#### [Instructions to follow]
From the entries below, please gather each line containing the string "connection".

##### Data for processing

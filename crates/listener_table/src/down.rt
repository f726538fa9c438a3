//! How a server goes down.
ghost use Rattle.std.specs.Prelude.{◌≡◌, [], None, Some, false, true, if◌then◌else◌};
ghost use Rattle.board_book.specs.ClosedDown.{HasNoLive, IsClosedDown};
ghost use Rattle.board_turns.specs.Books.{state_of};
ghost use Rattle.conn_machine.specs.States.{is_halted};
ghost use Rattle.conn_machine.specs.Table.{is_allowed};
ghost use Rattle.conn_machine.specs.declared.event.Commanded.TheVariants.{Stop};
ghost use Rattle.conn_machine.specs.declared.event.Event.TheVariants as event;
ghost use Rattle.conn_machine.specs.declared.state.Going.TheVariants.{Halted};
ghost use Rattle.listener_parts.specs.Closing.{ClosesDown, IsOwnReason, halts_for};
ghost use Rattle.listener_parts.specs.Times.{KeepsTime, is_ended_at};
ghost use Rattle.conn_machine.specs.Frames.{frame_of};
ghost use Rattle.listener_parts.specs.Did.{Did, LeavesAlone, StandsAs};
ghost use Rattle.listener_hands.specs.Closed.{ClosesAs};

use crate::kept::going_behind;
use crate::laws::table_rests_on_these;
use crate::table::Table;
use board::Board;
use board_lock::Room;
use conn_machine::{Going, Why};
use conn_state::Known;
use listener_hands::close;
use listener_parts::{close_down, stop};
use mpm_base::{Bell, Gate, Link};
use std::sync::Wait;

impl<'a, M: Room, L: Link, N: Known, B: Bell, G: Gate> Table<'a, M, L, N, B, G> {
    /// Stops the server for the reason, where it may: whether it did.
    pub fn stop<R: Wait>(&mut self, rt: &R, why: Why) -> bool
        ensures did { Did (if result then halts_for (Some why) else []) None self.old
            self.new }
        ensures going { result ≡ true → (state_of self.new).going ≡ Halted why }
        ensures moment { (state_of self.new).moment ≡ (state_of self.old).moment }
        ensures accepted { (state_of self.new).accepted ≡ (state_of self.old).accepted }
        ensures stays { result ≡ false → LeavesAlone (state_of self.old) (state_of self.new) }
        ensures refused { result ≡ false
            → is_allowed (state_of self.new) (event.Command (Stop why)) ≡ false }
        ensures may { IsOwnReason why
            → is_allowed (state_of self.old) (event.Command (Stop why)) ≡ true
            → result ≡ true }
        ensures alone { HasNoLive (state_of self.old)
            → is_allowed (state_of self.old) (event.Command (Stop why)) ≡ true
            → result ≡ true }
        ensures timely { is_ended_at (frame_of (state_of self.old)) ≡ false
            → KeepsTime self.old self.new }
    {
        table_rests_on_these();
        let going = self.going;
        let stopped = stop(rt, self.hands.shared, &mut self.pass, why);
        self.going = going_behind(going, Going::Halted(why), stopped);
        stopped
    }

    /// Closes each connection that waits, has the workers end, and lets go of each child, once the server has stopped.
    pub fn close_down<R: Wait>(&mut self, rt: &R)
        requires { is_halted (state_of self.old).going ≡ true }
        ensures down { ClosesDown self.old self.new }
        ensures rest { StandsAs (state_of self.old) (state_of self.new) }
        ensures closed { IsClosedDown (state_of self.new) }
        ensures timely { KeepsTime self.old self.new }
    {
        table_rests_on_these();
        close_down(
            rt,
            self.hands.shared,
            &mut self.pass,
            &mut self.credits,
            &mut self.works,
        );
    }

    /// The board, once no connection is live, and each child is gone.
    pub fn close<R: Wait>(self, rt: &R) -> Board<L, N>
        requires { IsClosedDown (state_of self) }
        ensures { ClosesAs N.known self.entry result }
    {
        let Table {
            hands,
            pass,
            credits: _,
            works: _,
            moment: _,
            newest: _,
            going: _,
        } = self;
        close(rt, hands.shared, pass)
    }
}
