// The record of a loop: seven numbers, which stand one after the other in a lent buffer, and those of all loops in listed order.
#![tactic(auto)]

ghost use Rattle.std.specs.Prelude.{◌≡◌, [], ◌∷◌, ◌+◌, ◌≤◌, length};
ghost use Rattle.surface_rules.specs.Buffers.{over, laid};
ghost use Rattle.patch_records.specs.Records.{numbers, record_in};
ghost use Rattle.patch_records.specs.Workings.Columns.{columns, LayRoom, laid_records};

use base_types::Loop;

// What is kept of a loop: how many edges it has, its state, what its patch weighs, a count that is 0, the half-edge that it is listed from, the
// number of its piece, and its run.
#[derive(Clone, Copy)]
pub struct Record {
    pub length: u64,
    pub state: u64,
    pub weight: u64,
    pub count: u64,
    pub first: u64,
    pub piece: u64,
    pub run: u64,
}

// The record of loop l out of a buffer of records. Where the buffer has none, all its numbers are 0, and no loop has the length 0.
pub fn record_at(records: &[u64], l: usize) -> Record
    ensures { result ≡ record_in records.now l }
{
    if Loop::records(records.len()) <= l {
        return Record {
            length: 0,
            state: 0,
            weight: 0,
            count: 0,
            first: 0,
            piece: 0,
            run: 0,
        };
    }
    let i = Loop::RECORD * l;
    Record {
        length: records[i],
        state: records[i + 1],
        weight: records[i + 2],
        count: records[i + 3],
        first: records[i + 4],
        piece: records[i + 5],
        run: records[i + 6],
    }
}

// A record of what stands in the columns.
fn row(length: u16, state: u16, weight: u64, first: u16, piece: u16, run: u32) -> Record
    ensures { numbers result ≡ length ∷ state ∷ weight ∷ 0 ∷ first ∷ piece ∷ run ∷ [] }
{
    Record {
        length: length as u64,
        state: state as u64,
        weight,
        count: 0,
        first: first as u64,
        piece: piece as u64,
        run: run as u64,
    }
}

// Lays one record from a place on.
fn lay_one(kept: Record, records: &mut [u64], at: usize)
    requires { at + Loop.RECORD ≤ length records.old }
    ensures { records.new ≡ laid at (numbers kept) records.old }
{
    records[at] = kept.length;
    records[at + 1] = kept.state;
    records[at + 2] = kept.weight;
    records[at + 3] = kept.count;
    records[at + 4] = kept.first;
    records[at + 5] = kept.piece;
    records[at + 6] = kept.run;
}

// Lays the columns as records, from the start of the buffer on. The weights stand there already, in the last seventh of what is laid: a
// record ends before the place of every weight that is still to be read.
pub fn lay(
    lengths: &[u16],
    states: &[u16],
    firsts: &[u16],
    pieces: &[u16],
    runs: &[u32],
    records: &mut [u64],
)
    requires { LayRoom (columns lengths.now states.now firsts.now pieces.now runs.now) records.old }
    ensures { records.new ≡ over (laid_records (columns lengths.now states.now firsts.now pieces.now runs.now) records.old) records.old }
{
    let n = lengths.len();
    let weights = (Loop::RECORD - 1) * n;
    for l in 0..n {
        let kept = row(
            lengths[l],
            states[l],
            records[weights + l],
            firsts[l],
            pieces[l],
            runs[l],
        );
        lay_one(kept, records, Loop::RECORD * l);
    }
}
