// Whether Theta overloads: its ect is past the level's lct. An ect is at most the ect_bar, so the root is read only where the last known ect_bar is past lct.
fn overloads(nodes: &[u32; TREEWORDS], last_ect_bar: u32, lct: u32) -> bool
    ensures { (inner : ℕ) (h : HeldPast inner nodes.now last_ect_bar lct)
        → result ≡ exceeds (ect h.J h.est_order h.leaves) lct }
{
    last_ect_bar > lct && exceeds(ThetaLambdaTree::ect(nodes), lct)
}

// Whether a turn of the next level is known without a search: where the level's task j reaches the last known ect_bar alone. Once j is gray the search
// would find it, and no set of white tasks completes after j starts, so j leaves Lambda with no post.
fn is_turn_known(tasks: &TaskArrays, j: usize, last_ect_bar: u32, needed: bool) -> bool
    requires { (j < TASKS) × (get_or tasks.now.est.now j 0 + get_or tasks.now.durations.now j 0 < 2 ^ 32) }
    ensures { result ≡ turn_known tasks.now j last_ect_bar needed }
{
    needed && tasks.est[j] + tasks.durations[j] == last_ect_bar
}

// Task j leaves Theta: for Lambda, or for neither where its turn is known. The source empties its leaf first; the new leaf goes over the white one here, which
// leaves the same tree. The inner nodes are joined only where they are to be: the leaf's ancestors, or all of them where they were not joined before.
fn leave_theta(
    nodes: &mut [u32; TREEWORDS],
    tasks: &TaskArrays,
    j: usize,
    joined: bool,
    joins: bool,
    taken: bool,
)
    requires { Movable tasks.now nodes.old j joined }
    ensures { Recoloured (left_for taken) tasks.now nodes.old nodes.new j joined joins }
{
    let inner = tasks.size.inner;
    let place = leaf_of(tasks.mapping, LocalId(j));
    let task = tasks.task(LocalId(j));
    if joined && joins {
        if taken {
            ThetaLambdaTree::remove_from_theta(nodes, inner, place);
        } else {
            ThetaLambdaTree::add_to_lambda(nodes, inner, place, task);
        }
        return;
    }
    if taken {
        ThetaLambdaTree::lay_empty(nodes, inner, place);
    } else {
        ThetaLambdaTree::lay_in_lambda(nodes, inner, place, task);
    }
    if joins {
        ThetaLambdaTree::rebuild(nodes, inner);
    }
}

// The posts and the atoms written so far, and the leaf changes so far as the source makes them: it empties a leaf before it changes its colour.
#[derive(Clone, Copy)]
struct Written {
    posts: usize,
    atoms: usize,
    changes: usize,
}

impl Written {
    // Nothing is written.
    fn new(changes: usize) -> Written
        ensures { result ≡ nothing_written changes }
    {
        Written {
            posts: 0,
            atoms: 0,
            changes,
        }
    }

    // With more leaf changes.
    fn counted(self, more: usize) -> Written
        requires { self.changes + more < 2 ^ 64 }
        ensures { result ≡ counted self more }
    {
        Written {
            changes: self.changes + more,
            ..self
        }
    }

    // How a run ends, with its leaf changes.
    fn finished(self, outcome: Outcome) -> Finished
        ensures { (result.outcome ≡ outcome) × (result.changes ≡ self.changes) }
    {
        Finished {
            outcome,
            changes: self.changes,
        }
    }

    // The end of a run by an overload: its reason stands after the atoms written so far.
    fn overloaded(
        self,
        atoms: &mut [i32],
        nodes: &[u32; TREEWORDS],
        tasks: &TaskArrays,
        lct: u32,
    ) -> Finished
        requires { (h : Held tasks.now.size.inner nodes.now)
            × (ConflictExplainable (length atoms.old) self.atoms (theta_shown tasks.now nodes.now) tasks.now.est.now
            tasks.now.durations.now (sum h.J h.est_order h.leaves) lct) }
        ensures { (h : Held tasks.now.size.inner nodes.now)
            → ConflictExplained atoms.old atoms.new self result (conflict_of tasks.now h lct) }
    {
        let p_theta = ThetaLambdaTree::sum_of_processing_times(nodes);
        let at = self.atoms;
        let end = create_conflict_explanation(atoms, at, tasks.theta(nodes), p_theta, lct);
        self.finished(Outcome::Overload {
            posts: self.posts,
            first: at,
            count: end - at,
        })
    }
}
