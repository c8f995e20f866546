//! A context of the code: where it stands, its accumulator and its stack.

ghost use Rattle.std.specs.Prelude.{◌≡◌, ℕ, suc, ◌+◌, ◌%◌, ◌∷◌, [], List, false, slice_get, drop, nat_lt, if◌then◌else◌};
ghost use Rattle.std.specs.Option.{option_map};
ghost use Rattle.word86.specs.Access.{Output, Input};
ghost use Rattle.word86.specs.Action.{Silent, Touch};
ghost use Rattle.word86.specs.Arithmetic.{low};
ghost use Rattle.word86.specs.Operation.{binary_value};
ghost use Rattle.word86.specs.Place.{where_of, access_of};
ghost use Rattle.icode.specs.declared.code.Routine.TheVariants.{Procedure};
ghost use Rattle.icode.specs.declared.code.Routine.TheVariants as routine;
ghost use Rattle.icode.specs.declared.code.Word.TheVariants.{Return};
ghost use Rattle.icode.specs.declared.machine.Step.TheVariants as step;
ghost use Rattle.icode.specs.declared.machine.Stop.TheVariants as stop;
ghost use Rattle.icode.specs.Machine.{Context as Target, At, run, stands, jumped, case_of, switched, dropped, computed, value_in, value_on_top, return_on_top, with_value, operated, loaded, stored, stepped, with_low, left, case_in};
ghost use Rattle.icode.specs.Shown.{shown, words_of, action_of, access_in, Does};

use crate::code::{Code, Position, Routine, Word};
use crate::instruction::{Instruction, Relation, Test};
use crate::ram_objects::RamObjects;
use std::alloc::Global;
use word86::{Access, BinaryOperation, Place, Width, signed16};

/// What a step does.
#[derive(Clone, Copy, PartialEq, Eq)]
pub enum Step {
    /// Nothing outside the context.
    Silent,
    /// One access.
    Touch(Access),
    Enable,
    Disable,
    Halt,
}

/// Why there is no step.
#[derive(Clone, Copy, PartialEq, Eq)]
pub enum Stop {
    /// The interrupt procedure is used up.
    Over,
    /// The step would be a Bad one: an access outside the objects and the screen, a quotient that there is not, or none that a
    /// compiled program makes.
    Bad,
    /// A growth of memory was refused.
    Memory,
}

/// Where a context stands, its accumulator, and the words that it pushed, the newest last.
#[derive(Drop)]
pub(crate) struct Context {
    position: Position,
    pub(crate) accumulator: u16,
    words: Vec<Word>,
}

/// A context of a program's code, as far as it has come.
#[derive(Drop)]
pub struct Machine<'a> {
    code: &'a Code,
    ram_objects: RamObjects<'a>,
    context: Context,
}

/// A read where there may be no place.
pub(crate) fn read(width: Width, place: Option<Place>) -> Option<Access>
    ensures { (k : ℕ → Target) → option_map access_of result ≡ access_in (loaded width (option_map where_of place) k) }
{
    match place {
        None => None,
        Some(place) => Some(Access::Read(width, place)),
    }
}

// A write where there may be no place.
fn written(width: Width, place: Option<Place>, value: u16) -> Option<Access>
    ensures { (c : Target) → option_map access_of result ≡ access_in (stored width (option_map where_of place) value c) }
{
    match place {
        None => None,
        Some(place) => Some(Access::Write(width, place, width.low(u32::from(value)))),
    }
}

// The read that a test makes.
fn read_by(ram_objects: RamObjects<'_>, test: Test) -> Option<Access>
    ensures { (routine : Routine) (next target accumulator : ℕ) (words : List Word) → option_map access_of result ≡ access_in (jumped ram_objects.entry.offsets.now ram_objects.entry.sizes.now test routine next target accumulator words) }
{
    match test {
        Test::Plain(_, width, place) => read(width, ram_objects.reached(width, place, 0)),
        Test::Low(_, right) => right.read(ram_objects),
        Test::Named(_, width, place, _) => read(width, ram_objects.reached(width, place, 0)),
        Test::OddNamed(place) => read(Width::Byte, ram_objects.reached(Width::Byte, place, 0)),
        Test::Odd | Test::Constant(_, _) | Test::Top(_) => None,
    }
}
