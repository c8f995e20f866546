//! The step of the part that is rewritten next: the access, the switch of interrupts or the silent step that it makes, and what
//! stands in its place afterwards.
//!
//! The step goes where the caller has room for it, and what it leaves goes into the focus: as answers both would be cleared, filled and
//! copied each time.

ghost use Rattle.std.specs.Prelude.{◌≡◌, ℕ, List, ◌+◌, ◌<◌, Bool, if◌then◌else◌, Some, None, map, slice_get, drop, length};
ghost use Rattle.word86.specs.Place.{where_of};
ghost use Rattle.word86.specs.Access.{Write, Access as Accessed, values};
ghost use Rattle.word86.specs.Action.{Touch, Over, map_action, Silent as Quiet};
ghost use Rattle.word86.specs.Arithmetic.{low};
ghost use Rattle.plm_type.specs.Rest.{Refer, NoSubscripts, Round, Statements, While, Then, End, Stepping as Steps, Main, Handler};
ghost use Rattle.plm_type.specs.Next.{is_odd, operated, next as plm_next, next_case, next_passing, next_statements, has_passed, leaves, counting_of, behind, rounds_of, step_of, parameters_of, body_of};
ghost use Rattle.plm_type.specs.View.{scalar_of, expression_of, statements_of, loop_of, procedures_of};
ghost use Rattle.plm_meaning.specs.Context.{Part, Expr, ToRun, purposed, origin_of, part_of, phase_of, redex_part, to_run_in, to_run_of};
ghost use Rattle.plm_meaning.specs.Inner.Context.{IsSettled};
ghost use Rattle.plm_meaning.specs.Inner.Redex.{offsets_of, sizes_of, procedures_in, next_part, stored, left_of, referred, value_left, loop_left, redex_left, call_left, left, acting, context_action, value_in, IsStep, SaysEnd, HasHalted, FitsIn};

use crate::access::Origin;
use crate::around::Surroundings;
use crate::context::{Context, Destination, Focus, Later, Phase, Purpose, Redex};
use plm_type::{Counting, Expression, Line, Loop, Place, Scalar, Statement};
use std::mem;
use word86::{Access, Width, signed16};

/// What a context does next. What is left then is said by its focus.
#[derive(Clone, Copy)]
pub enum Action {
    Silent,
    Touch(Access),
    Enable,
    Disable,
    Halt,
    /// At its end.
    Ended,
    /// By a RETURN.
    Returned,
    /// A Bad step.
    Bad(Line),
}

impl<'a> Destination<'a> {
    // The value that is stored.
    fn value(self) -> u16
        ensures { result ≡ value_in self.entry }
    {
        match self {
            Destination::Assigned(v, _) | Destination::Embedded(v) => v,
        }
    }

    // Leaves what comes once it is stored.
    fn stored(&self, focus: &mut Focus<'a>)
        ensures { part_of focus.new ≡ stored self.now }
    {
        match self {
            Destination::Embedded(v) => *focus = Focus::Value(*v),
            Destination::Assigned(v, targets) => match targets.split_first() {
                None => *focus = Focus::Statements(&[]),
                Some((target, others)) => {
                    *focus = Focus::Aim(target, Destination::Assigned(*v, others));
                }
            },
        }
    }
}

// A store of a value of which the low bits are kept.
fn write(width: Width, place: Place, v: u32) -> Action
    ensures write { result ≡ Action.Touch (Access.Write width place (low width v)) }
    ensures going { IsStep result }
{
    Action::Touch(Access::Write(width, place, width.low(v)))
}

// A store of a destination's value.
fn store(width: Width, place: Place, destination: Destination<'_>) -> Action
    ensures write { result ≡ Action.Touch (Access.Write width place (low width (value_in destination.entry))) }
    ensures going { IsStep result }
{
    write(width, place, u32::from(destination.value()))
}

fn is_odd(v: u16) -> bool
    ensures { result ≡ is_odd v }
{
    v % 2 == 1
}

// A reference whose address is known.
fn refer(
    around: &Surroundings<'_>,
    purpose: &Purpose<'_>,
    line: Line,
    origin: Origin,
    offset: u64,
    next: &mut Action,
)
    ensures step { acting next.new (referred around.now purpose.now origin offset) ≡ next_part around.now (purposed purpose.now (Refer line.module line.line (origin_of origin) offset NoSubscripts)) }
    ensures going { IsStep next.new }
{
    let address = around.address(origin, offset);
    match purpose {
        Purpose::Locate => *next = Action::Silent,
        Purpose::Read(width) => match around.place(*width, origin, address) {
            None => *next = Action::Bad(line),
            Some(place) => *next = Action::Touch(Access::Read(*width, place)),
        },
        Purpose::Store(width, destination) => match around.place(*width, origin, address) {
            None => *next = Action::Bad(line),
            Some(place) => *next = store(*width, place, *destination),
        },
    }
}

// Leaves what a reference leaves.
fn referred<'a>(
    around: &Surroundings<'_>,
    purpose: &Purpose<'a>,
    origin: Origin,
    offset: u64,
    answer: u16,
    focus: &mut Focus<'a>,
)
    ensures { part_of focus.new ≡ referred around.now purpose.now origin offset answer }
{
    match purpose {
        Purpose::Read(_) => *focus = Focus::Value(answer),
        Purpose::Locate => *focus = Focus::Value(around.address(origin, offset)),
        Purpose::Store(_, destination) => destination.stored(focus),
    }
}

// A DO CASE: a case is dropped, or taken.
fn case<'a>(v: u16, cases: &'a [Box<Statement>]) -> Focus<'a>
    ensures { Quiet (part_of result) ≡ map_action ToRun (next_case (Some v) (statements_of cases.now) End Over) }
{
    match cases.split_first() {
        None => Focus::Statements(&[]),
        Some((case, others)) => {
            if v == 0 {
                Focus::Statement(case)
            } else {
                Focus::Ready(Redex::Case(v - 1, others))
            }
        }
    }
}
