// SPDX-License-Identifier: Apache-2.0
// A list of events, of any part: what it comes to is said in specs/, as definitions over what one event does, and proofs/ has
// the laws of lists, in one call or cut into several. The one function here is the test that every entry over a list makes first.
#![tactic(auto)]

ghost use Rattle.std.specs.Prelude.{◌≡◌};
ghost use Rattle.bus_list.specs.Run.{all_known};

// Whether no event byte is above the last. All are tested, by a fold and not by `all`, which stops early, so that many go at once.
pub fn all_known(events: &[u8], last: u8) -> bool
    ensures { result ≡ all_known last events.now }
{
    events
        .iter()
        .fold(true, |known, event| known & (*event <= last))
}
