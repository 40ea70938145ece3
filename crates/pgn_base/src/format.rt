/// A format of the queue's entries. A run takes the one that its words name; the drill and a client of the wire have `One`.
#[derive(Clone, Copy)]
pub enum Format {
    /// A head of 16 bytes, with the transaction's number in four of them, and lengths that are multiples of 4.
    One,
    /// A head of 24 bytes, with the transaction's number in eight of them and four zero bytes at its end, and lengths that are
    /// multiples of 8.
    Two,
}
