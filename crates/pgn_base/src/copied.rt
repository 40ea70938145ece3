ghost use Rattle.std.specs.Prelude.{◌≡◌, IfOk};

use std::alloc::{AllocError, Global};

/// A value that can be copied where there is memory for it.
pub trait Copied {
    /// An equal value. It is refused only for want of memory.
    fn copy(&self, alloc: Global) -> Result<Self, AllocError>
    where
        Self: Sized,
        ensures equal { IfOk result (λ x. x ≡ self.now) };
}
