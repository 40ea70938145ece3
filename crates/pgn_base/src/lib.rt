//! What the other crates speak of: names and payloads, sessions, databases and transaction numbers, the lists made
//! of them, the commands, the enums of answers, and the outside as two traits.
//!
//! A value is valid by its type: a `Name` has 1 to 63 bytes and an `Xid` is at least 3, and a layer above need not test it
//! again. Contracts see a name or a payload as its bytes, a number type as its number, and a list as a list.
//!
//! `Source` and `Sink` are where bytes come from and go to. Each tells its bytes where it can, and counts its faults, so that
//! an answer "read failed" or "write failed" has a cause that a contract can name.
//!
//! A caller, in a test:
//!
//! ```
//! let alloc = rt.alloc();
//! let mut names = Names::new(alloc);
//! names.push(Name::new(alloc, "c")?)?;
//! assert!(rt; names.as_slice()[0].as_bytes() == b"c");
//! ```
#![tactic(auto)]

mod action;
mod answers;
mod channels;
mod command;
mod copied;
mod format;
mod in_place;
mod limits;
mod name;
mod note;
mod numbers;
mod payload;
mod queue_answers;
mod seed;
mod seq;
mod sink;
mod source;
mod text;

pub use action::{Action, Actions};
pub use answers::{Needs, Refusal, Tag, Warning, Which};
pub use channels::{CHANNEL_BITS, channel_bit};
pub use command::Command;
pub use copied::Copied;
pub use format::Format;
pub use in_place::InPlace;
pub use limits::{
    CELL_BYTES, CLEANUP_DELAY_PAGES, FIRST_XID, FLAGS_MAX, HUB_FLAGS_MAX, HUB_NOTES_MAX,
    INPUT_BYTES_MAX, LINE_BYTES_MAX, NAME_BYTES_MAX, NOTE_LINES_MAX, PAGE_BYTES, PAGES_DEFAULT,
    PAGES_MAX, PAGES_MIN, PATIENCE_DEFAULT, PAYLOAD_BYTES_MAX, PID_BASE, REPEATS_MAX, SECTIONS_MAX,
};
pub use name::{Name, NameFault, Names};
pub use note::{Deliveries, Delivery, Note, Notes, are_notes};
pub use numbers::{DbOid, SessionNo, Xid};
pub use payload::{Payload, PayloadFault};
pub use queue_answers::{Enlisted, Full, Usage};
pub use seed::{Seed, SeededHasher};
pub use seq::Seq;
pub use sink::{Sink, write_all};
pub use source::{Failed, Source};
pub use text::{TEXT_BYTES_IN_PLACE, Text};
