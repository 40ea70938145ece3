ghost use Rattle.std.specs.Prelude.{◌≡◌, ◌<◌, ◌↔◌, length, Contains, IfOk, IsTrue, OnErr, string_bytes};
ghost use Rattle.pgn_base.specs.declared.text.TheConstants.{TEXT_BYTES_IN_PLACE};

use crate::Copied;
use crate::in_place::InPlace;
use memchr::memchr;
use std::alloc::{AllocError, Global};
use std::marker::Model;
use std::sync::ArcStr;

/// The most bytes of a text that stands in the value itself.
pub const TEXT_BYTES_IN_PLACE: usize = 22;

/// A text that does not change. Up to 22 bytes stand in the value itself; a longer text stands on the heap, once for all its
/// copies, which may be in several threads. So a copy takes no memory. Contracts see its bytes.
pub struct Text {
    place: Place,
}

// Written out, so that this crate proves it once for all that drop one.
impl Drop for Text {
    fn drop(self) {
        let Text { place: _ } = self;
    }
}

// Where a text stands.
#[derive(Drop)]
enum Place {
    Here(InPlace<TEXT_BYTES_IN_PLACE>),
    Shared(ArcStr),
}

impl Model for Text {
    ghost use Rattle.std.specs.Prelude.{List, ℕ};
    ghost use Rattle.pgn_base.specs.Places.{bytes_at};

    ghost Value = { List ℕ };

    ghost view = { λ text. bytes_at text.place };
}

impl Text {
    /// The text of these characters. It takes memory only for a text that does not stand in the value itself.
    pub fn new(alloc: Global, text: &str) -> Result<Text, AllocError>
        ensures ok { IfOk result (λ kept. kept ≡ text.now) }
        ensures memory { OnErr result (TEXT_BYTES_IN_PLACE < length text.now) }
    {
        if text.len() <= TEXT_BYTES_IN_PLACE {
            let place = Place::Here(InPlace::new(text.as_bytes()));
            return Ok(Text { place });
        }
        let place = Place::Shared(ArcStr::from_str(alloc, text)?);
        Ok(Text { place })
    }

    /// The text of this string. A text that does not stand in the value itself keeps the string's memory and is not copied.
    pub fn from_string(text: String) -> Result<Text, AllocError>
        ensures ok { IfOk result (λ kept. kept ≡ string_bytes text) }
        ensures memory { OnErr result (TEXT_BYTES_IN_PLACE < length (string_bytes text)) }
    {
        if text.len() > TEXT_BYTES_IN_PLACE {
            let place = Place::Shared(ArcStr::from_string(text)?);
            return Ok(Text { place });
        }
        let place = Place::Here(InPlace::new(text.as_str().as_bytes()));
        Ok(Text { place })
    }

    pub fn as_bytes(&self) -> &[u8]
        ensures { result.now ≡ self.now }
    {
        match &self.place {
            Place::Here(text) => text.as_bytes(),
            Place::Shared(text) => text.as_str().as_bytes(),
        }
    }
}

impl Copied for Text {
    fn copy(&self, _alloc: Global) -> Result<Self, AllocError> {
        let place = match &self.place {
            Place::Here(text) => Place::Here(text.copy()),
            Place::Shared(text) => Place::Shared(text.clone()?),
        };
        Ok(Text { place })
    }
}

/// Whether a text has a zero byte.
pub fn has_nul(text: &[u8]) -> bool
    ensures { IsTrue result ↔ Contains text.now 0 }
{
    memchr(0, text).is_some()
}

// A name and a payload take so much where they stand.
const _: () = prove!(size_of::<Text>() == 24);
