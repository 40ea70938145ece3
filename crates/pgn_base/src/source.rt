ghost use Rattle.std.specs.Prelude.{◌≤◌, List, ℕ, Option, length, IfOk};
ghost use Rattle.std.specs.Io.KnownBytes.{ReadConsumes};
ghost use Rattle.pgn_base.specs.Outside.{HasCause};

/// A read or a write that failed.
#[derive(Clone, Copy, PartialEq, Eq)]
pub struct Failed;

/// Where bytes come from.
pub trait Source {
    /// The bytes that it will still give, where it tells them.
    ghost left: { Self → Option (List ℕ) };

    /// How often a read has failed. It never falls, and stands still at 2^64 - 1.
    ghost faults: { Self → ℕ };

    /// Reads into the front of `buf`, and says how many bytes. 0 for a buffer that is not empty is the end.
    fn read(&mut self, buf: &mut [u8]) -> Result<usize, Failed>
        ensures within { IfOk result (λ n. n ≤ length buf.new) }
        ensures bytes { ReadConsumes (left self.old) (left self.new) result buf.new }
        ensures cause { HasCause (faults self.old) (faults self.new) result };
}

##########

#### [Response area]
    /// Closes each connection that waits, has the workers end, and lets go of each child, once the server has stopped.
    /// The board, once no connection is live, and each child is gone.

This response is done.